A race row has erupted at one of the world’s most prestigious universities after two separate incidents collided to form debate on campus.
In the run up to Halloween, students at Yale University in Connecticut, US, were sent an email from the institution’s Intercultural Affairs Council requesting they be thoughtful on the cultural implications of their choice of costume.
However, according to the individual rights group Foundation for Individual Rights in Education (Fire), Erika Christakis - who is an associate master at the university’s Silliman College - responded to the student body with an email of her own on the topic of Halloween attire.
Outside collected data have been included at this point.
// Event tags: what they note, and the commands.
ghost use Rattle.std.specs.Prelude.{◌≡◌};
ghost use Rattle.tagging.specs.Command.{command_in};
ghost use Rattle.tagging.specs.Tag.{code_of, key_of, events_on, commanded, command_answer, tag_of, tag_answer};

use causes::Cause;
use device::{Common, Crate};
use gates::Gate;
use loader::Request;
use words::Field;

// The command's place in a tag's code.
const COMMAND: Field = Field { at: 12, width: 4 };

// What a tag asks for: a reload, a pulse on the gates whose bits are set, or that all counts are cleared.
#[derive(Clone, Copy)]
enum Command {
    Reload(Request),
    Prepare { gates: u16 },
    Recover { gates: u16 },
    Clear,
}

// An event tag: the key in its high 16 bits, the code in its low ones.
#[derive(Clone, Copy)]
struct EventTag {
    key: u16,
    code: u16,
}

impl From<u32> for EventTag {
    ghost from_gives = { λ t tag. (tag.key ≡ key_of t) × (tag.code ≡ code_of t) };

    fn from(t: u32) -> EventTag {
        let [code, key] = words::halves(t);
        EventTag { key, code }
    }
}

impl EventTag {
    // The command of the code, none at 0 and from 5 on.
    fn command(self) -> Option<Command>
        ensures { result ≡ command_in self.code }
    {
        let code = self.code;
        match COMMAND.of(code) {
            1 => Some(Command::Reload(Request::from(code))),
            2 => Some(Command::Prepare { gates: code }),
            3 => Some(Command::Recover { gates: code }),
            4 => Some(Command::Clear),
            _ => None,
        }
    }
}

// Whether events are on.
fn events_on(cm: &Common) -> bool
    ensures { result ≡ events_on cm.now }
{
    words::bit(cm.enable, 0)
}

// A tag's command runs; a reload may be refused.
#[tactic(auto, unfolding(crate::specs::Tag::commanded, crate::specs::Tag::tag_request, writing::specs::Write::requested))]
fn run_command(s: &mut Crate, tag: EventTag) -> Result<(), Cause>
    ensures { (result ≡ command_answer s.old.common tag.code) × (s.new ≡ commanded s.old tag.code) }
{
    match tag.command() {
        Some(Command::Reload(request)) => return writing::request(&mut s.common, request),
        Some(Command::Prepare { gates }) => {
            gates::change_gates(&mut s.gates, gates, Gate::pulse_prepare);
        }
        Some(Command::Recover { gates }) => {
            gates::change_gates(&mut s.gates, gates, Gate::pulse_recover);
        }
        Some(Command::Clear) => counters::clear_counters(&mut s.counters),
        None => {}
    }
    Ok(())
}

// What a tag answers and does: with events off nothing; 0x0900 and 0x0901 take it, and with the right key 0x0902 its code, and its command runs.
#[tactic(auto, using(crate::proofs::Codes::commanded_code, crate::proofs::Codes::answer_code), unfolding(crate::specs::Tag::tag_of, crate::specs::Tag::tag_answer))]
pub fn tag_crate(s: &mut Crate, t: u32) -> Result<(), Cause>
    ensures { (result ≡ tag_answer s.old.common t) × (s.new ≡ tag_of s.old t) }
{
    if !events_on(&s.common) {
        return Ok(());
    }
    let tag = EventTag::from(t);
    s.status.events.low = tag.code;
    s.status.events.high = tag.key;
    if tag.key != s.common.key {
        return Ok(());
    }
    s.status.events.code = tag.code;
    run_command(s, tag)
}
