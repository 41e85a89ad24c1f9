// What an event tag answers and does.
#![tactic(auto)]

mod events;

pub use events::tag_crate;
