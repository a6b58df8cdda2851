//! Cuts a text into numbered lines of words, reads numbers, keeps tables of names, and names the faults
//! that a bundle's text can have.
#![tactic(auto)]

mod cutting;
mod fault;
mod lines;
mod number;
mod table;

pub use cutting::{Head, LineWords, Row};
pub use fault::{BundleFault, BundleKind, kind_text};
pub use lines::Lines;
pub use number::{number_or, word_number};
pub use table::{
    declare, find, has_name, is_misnamed, is_stray, knows, name_of, names_of, place_of,
};
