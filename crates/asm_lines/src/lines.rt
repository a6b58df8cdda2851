ghost use Rattle.std.specs.Prelude.{◌≡◌, ◌<◌, ◌≤◌, ◌∷◌, [], length, MatchOption};
ghost use Rattle.asm_lines.specs.Cutting.{lines_from, text_lines};
ghost use Rattle.asm_lines.specs.Sections.{IsDone, Takes, IsAtEnd, TakesInside};

use crate::cutting::Row;
use std::marker::Model;

/// The lines of a text that are still to be read. Each is cut as it is asked for, and none is kept.
#[derive(Drop)]
pub struct Lines<'a> {
    rest: &'a [u8],
    number: u32,
}

impl<'a> Model for Lines<'a> {
    ghost use Rattle.std.specs.Prelude.{[], ◌+◌, ◌≤◌, length};
    ghost use Rattle.asm_lines.specs.Cutting.{lines_from, numbered};
    ghost use Rattle.asm_lines.specs.Sections.{LinesLeft};

    ghost Value = { LinesLeft };

    ghost view = { λ l. record { number = l.number; lines = numbered l.number (lines_from [] l.rest.now) } };

    ghost invariant = { λ l. l.number + length l.rest.now ≤ 4294967295 };
}

impl<'a> Lines<'a> {
    /// The lines of a text, from its first one on.
    #[tactic(auto, using(crate::proofs::Counting::few_lines))]
    pub fn of(text: &'a [u8]) -> Lines<'a>
        requires { length text.now < 4294967295 }
        ensures lines { result ≡ record { number = 1; lines = text_lines text.now } }
        ensures few { length (text_lines text.now) ≤ length text.now }
    {
        Lines {
            rest: text,
            number: 1,
        }
    }

    /// The same lines, to be read once more.
    #[inline(always)]
    pub fn again(&self) -> Lines<'a>
        ensures { result ≡ self.now }
    {
        Lines {
            rest: self.rest,
            number: self.number,
        }
    }

    /// The number of the next line, or of the line after the last.
    #[inline(always)]
    pub fn number(&self) -> u32
        ensures { result ≡ self.now.number }
    {
        self.number
    }

    /// The next line.
    #[inline(always)]
    pub fn next(&mut self) -> Option<Row<'a>>
        ensures { MatchOption result (IsDone self.old self.new) (λ row. Takes self.old row self.new) }
    {
        if self.rest.is_empty() {
            return None;
        }
        let (line, rest) = first_line(self.rest);
        let row = Row::of(self.number, line);
        self.rest = rest;
        self.number += 1;
        Some(row)
    }

    /// The next line, where it begins no context.
    #[inline(always)]
    pub fn next_inside(&mut self) -> Option<Row<'a>>
        ensures { MatchOption result (IsAtEnd self.old self.new) (λ row. TakesInside self.old row self.new) }
    {
        let mut after = self.again();
        let Some(row) = after.next() else {
            return None;
        };
        if row.starts() {
            return None;
        }
        *self = after;
        Some(row)
    }
}

/// A text's first line, and what follows it.
#[inline(always)]
fn first_line<'a>(text: &'a [u8]) -> (&'a [u8], &'a [u8])
    requires { 0 < length text.now }
    ensures cut { lines_from [] text.now ≡ result.0.now ∷ lines_from [] result.1.now }
    ensures less { length result.1.now < length text.now }
{
    for i in 0..text.len() {
        if text[i] == b'\n' {
            return (&text[..i], &text[i + 1..]);
        }
    }
    (text, &text[text.len()..])
}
In it, Mrs Christakis quoted her husband, Nicholas Christakis - master at the college - and wrote: “Nicholas says, if you don’t like a costume someone is wearing, look away, or tell them you are offended.”
Mrs Christakis also pondered whether a university should dictate what students should and should not wear on Halloween, and wrote: “I wonder if we should reflect more transparently, as a community, on the consequences of an institutional (which is to say: bureaucratic and administrative) exercise of implied control over college students.”
After expressing concerns about how policing students’ costumes can limit free speech and expression, Mrs Christakis added: “Is there no room anymore for a child or young person to be a little bit obnoxious… a little bit inappropriate or provocative or, yes, offensive?”
A series of videos then surfaced on YouTube which showed around 100 students ambush an unyielding Mr Christakis on campus who, according to Fire, told the group: “I apologise for causing pain, but I am not sorry for the statement. I stand behind free speech. I defend the right for people to speak their minds.”
The confrontation quickly escalated into a shouting match with one student, in particular, filmed angrily calling for Mr Christakis to step down.
Warning - the following video contains offensive language and acts of aggression:
In an open letter to Mrs Christakis from - which has, so far, been signed by over 1,000 supporters - ‘concerned’ Yale students, alumni, family, faculty, and staff said:
In your email, you ask students to “look away” if costumes are offensive, as if the degradation of our cultures and people, and the violence that grows out of it is something that we can ignore. We were told to meet the offensive parties head on, without suggesting any modes or means to facilitate these discussions to promote understanding. Giving “room” for students to be “obnoxious” or “offensive”, as you suggest, is only inviting ridicule and violence onto ourselves and our communities, and ultimately comes at the expense of room in which marginalized students can feel safe.
Then, in a separate incident - which resulted in more than 350 Yale undergraduates, graduate students, and faculty to reportedly gather in the university’s Afro-American Cultural Centre for an open forum on allegations of institutional racism on campus - claims of ‘institutional racism’ came to light.
Students at the forum claimed that the Sigma Alpha Epsilon (SAE) fraternity house on the campus had been turning away black women from a party - just days after Mrs Christakis’ Halloween email - having allegedly implemented a ‘white girls only’ policy.
As reported by The Huffington Post, one of the party's attendees, who claimed she was turned away, took to her Facebook and wrote: “This weekend I was privy to both explicitly racist and absolutely abhorrent behavior at Yale’s chapter of the SAE fraternity.
“It’s about time we take a seriously critical look at Greek life in this country in general and the way girls of colour are treated at elite universities.”
Insisting how ‘racial intolerance should never be accepted, the SAE released a statement insisting how its Yale chapter ‘is comprised of a diverse group of brothers and the event, likewise, was attended by a diverse group of students.’
It added: “In addition, Sigma Alpha Epsilon’s national leadership has zero tolerance for any behaviour or action that deviates from our values and creed, and we will continue to investigate this allegation to determine additional information.”
Yale’s president, Peter Salovey, and college dean, Jonathan Holloway, also issued a joint statement shortly after - on both incidents - outlining their commitment to a ‘better Yale’.